Write down every entry below once more, exactly.
START Extracted records
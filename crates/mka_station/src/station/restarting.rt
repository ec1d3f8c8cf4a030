//! A station starts again.

ghost use Rattle.std.specs.Prelude.{◌≡◌, [], List, ℕ, false, IfOk, OnOk, OnErr};
ghost use Rattle.lan_base.specs.declared.address.Mi.{Mi};
ghost use Rattle.sak_exchange.specs.Histories.{Keying};
ghost use Rattle.sak_exchange.specs.Outcomes.{dropping};
ghost use Rattle.sak_exchange.specs.Standing.{StandsFor as KeysStandFor};
ghost use Rattle.mka_station.specs.Lives.{Member, Entry};
ghost use Rattle.mka_station.specs.Restart.{ending, lost_server};
ghost use Rattle.mka_station.specs.Standing.{StandsFor, reborn};

use super::{Station, mi_of};
use crate::reaction::Reaction;
use lan_base::Mi;
use peer_lists::PeerTable;
use sak_exchange::{Changes, KeyState};
use std::alloc::AllocError;

impl Station {
    /// The station starts again, with a member identifier from another draw and nothing of this
    /// life but the count of its installs.
    pub fn restart(&mut self, draw: [u8; 16]) -> Result<Reaction, AllocError>
        ensures reaction { (m : Member) (p : List Entry) → StandsFor m self.old p →
            IfOk result (λ r. r ≡ ending m p) }
        ensures stands { (m : Member) (p : List Entry) → StandsFor m self.old p →
            OnOk result (StandsFor (reborn m p draw) self.new []) }
        ensures unchanged { OnErr result (self.new ≡ self.old) }
    {
        let changes = self.dropped()?;
        let mi = mi_of(draw);
        let peers = PeerTable::new(self.alloc, mi, self.sci())?;
        let keys = KeyState::new(self.alloc, mi, self.epochs())?;
        let server = lost(self.server());
        self.peer_view.forget();
        self.mi = mi;
        self.peers = peers;
        self.keys = keys;
        self.server = None;
        self.spoken = None;
        Ok(Reaction {
            heard: None,
            server,
            changes,
            sent: None,
        })
    }

    /// What changes where every key is dropped.
    fn dropped(&self) -> Result<Changes, AllocError>
        ensures { (base : ℕ) (own : Mi) (h : List Keying) →
            KeysStandFor base own false self.now.keys h →
            IfOk result (λ c. c ≡ (dropping h).changes) }
    {
        let mut keys = self.keys().copied(self.alloc)?;
        keys.tick();
        keys.drop_all()
    }
}

/// A server that was elected is elected no more.
fn lost(server: Option<Mi>) -> Option<Option<Mi>>
    ensures { result ≡ lost_server server }
{
    match server {
        Some(_) => Some(None),
        None => None,
    }
}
END Extracted records
Result:
filename crates/mka_station/src/station/restarting.rt
repository ec1d3f8c8cf4a030
//! A station starts again.

ghost use Rattle.std.specs.Prelude.{◌≡◌, [], List, ℕ, false, IfOk, OnOk, OnErr};
ghost use Rattle.lan_base.specs.declared.address.Mi.{Mi};
ghost use Rattle.sak_exchange.specs.Histories.{Keying};
ghost use Rattle.sak_exchange.specs.Outcomes.{dropping};
ghost use Rattle.sak_exchange.specs.Standing.{StandsFor as KeysStandFor};
ghost use Rattle.mka_station.specs.Lives.{Member, Entry};
ghost use Rattle.mka_station.specs.Restart.{ending, lost_server};
ghost use Rattle.mka_station.specs.Standing.{StandsFor, reborn};

use super::{Station, mi_of};
use crate::reaction::Reaction;
use lan_base::Mi;
use peer_lists::PeerTable;
use sak_exchange::{Changes, KeyState};
use std::alloc::AllocError;

impl Station {
    /// The station starts again, with a member identifier from another draw and nothing of this
    /// life but the count of its installs.
    pub fn restart(&mut self, draw: [u8; 16]) -> Result<Reaction, AllocError>
        ensures reaction { (m : Member) (p : List Entry) → StandsFor m self.old p →
            IfOk result (λ r. r ≡ ending m p) }
        ensures stands { (m : Member) (p : List Entry) → StandsFor m self.old p →
            OnOk result (StandsFor (reborn m p draw) self.new []) }
        ensures unchanged { OnErr result (self.new ≡ self.old) }
    {
        let changes = self.dropped()?;
        let mi = mi_of(draw);
        let peers = PeerTable::new(self.alloc, mi, self.sci())?;
        let keys = KeyState::new(self.alloc, mi, self.epochs())?;
        let server = lost(self.server());
        self.peer_view.forget();
        self.mi = mi;
        self.peers = peers;
        self.keys = keys;
        self.server = None;
        self.spoken = None;
        Ok(Reaction {
            heard: None,
            server,
            changes,
            sent: None,
        })
    }

    /// What changes where every key is dropped.
    fn dropped(&self) -> Result<Changes, AllocError>
        ensures { (base : ℕ) (own : Mi) (h : List Keying) →
            KeysStandFor base own false self.now.keys h →
            IfOk result (λ c. c ≡ (dropping h).changes) }
    {
        let mut keys = self.keys().copied(self.alloc)?;
        keys.tick();
        keys.drop_all()
    }
}

/// A server that was elected is elected no more.
fn lost(server: Option<Mi>) -> Option<Option<Mi>>
    ensures { result ≡ lost_server server }
{
    match server {
        Some(_) => Some(None),
        None => None,
    }
}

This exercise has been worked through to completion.